**Goal of the exercise**
Nothing in the records may be left out or altered; reproduce them all exactly.

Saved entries
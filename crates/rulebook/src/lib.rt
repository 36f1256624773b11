// The rule book: document 01 in definitions, chapter by chapter, in specs/. Here are the types that its definitions and the code share, and the
// figures that the code has of it.
#![tactic(auto)]

pub mod units; // units.rt: days, intervals, ranges
pub mod layout; // layout.rt: where each word of a book stands, widths
pub mod file; // file.rt: the number that a field spells
pub mod accepted; // accepted.rt: the terms that an opening accepts
pub mod numbers; // numbers.rt: the table of numbers, and what each call returns by it

ghost use Rattle.std.specs.Prelude.{◌≡◌};
ghost use Rattle.rulebook.specs.declared.SubmitError.TheVariants.{FileRefused};

// What a value is, hence its range.
#[derive(Clone, Copy, PartialEq, Eq, Debug)]
pub enum Kind {
    Quantity,
    Injection,
    Load,
    Price,
}

// An opening's arguments: N accounts, lag L, horizon H, first day F, change day X. Programs in other languages pass it, hence C's layout.
#[repr(C)]
#[derive(Clone, Copy, PartialEq, Eq, Debug)]
pub struct Terms {
    pub accounts: usize,
    pub lag: usize,
    pub horizon: usize,
    pub first: usize,
    pub change: usize,
}

// Document 02, P2: how an interval's residual load is shared. The first edition drops the odd kWh, the second shares every one.
#[derive(Clone, Copy, PartialEq, Eq, Debug)]
pub enum Edition {
    First,
    Second,
}

// The four sections of a submission file.
#[derive(Clone, Copy, PartialEq, Eq, Debug)]
pub enum Section {
    Vesting,
    Meter,
    Residual,
    Ncc,
}

// What a file is judged by: how many accounts there are, the first open day of vesting and meter rows, that of residual and NCC rows,
// and the last open day.
#[derive(Clone, Copy)]
pub struct Limits {
    pub accounts: usize,
    pub current: usize,
    pub earliest: usize,
    pub last: usize,
}

// Why a file is refused: numbers 4 to 8.
#[derive(Clone, Copy, PartialEq, Eq, Debug)]
pub enum Why {
    NotWhole,
    OutOfRange,
    DayNotOpen,
    Repeated,
    Excess,
}

// A refusal of a file, with its position.
#[derive(Clone, Copy, PartialEq, Eq, Debug)]
pub struct Refusal {
    pub why: Why,
    pub at: usize,
}

// Why an opening is refused.
#[derive(Clone, Copy, PartialEq, Eq, Debug)]
pub enum OpenError {
    BadTerms,
    TooShort,
}

// Why a submission is refused.
#[derive(Clone, Copy, PartialEq, Eq, Debug)]
pub enum SubmitError {
    IllFormed,
    FileRefused(Refusal),
}

impl From<Refusal> for SubmitError {
    ghost from_gives = { λ r e. e ≡ FileRefused r };

    fn from(refusal: Refusal) -> SubmitError {
        SubmitError::FileRefused(refusal)
    }
}

// The figures of an accepted close: its day, its residual count, and the rounding difference: 1,000 times the MSSL's cents less its exact amount.
#[derive(Clone, Copy, PartialEq, Eq, Debug)]
pub struct CloseFigures {
    pub day: usize,
    pub count: usize,
    pub difference: i64,
}

// Why a close is refused; a missing datum with its flag's index.
#[derive(Clone, Copy, PartialEq, Eq, Debug)]
pub enum CloseError {
    BookIllFormed,
    Finished,
    NoRoom,
    DatumMissing(usize),
}

// Why a call on no book is refused: a list's length or a value is outside its range, the words for the output are too few, or no 48 quantities
// keep a profile's limits.
#[derive(Clone, Copy, PartialEq, Eq, Debug)]
pub enum RuleError {
    OutsideRange,
    OutputTooShort,
    TotalImpossible,
}

// Both tranches of a share, in kWh.
#[derive(Clone, Copy, PartialEq, Eq, Debug)]
pub struct Tranches {
    pub first: i64,
    pub second: i64,
}

// What open, submit and close return: number, position of a refusal, an accepted close's day, residual count and rounding difference; every
// other figure is 0.
// Programs in other languages get it, hence C's layout.
#[repr(C)]
#[derive(Clone, Copy)]
pub struct Answer {
    pub number: u64,
    pub position: u64,
    pub day: u64,
    pub count: u64,
    pub difference: i64,
}

// What the reference price call returns: number, and V in cents per MWh; refused, 0. In C's layout, as Answer.
#[repr(C)]
#[derive(Clone, Copy)]
pub struct PriceReturned {
    pub number: u64,
    pub price: i64,
}

// What the tranche call returns: number, tranche 1 and tranche 2 in kWh; refused, 0. In C's layout, as Answer.
#[repr(C)]
#[derive(Clone, Copy)]
pub struct TrancheReturned {
    pub number: u64,
    pub first: i64,
    pub second: i64,
}

// What the profile call returns: number, and 1 where the profile keeps the limits; where it does not, or refused, 0. In C's layout, as Answer.
#[repr(C)]
#[derive(Clone, Copy)]
pub struct ProfileReturned {
    pub number: u64,
    pub keeps: u64,
}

**Answer box**
filename crates/rulebook/src/lib.rt
repository 36f1256624773b11
// The rule book: document 01 in definitions, chapter by chapter, in specs/. Here are the types that its definitions and the code share, and the
// figures that the code has of it.
#![tactic(auto)]

pub mod units; // units.rt: days, intervals, ranges
pub mod layout; // layout.rt: where each word of a book stands, widths
pub mod file; // file.rt: the number that a field spells
pub mod accepted; // accepted.rt: the terms that an opening accepts
pub mod numbers; // numbers.rt: the table of numbers, and what each call returns by it

ghost use Rattle.std.specs.Prelude.{◌≡◌};
ghost use Rattle.rulebook.specs.declared.SubmitError.TheVariants.{FileRefused};

// What a value is, hence its range.
#[derive(Clone, Copy, PartialEq, Eq, Debug)]
pub enum Kind {
    Quantity,
    Injection,
    Load,
    Price,
}

// An opening's arguments: N accounts, lag L, horizon H, first day F, change day X. Programs in other languages pass it, hence C's layout.
#[repr(C)]
#[derive(Clone, Copy, PartialEq, Eq, Debug)]
pub struct Terms {
    pub accounts: usize,
    pub lag: usize,
    pub horizon: usize,
    pub first: usize,
    pub change: usize,
}

// Document 02, P2: how an interval's residual load is shared. The first edition drops the odd kWh, the second shares every one.
#[derive(Clone, Copy, PartialEq, Eq, Debug)]
pub enum Edition {
    First,
    Second,
}

// The four sections of a submission file.
#[derive(Clone, Copy, PartialEq, Eq, Debug)]
pub enum Section {
    Vesting,
    Meter,
    Residual,
    Ncc,
}

// What a file is judged by: how many accounts there are, the first open day of vesting and meter rows, that of residual and NCC rows,
// and the last open day.
#[derive(Clone, Copy)]
pub struct Limits {
    pub accounts: usize,
    pub current: usize,
    pub earliest: usize,
    pub last: usize,
}

// Why a file is refused: numbers 4 to 8.
#[derive(Clone, Copy, PartialEq, Eq, Debug)]
pub enum Why {
    NotWhole,
    OutOfRange,
    DayNotOpen,
    Repeated,
    Excess,
}

// A refusal of a file, with its position.
#[derive(Clone, Copy, PartialEq, Eq, Debug)]
pub struct Refusal {
    pub why: Why,
    pub at: usize,
}

// Why an opening is refused.
#[derive(Clone, Copy, PartialEq, Eq, Debug)]
pub enum OpenError {
    BadTerms,
    TooShort,
}

// Why a submission is refused.
#[derive(Clone, Copy, PartialEq, Eq, Debug)]
pub enum SubmitError {
    IllFormed,
    FileRefused(Refusal),
}

impl From<Refusal> for SubmitError {
    ghost from_gives = { λ r e. e ≡ FileRefused r };

    fn from(refusal: Refusal) -> SubmitError {
        SubmitError::FileRefused(refusal)
    }
}

// The figures of an accepted close: its day, its residual count, and the rounding difference: 1,000 times the MSSL's cents less its exact amount.
#[derive(Clone, Copy, PartialEq, Eq, Debug)]
pub struct CloseFigures {
    pub day: usize,
    pub count: usize,
    pub difference: i64,
}

// Why a close is refused; a missing datum with its flag's index.
#[derive(Clone, Copy, PartialEq, Eq, Debug)]
pub enum CloseError {
    BookIllFormed,
    Finished,
    NoRoom,
    DatumMissing(usize),
}

// Why a call on no book is refused: a list's length or a value is outside its range, the words for the output are too few, or no 48 quantities
// keep a profile's limits.
#[derive(Clone, Copy, PartialEq, Eq, Debug)]
pub enum RuleError {
    OutsideRange,
    OutputTooShort,
    TotalImpossible,
}

// Both tranches of a share, in kWh.
#[derive(Clone, Copy, PartialEq, Eq, Debug)]
pub struct Tranches {
    pub first: i64,
    pub second: i64,
}

// What open, submit and close return: number, position of a refusal, an accepted close's day, residual count and rounding difference; every
// other figure is 0.
// Programs in other languages get it, hence C's layout.
#[repr(C)]
#[derive(Clone, Copy)]
pub struct Answer {
    pub number: u64,
    pub position: u64,
    pub day: u64,
    pub count: u64,
    pub difference: i64,
}

// What the reference price call returns: number, and V in cents per MWh; refused, 0. In C's layout, as Answer.
#[repr(C)]
#[derive(Clone, Copy)]
pub struct PriceReturned {
    pub number: u64,
    pub price: i64,
}

// What the tranche call returns: number, tranche 1 and tranche 2 in kWh; refused, 0. In C's layout, as Answer.
#[repr(C)]
#[derive(Clone, Copy)]
pub struct TrancheReturned {
    pub number: u64,
    pub first: i64,
    pub second: i64,
}

// What the profile call returns: number, and 1 where the profile keeps the limits; where it does not, or refused, 0. In C's layout, as Answer.
#[repr(C)]
#[derive(Clone, Copy)]
pub struct ProfileReturned {
    pub number: u64,
    pub keeps: u64,
}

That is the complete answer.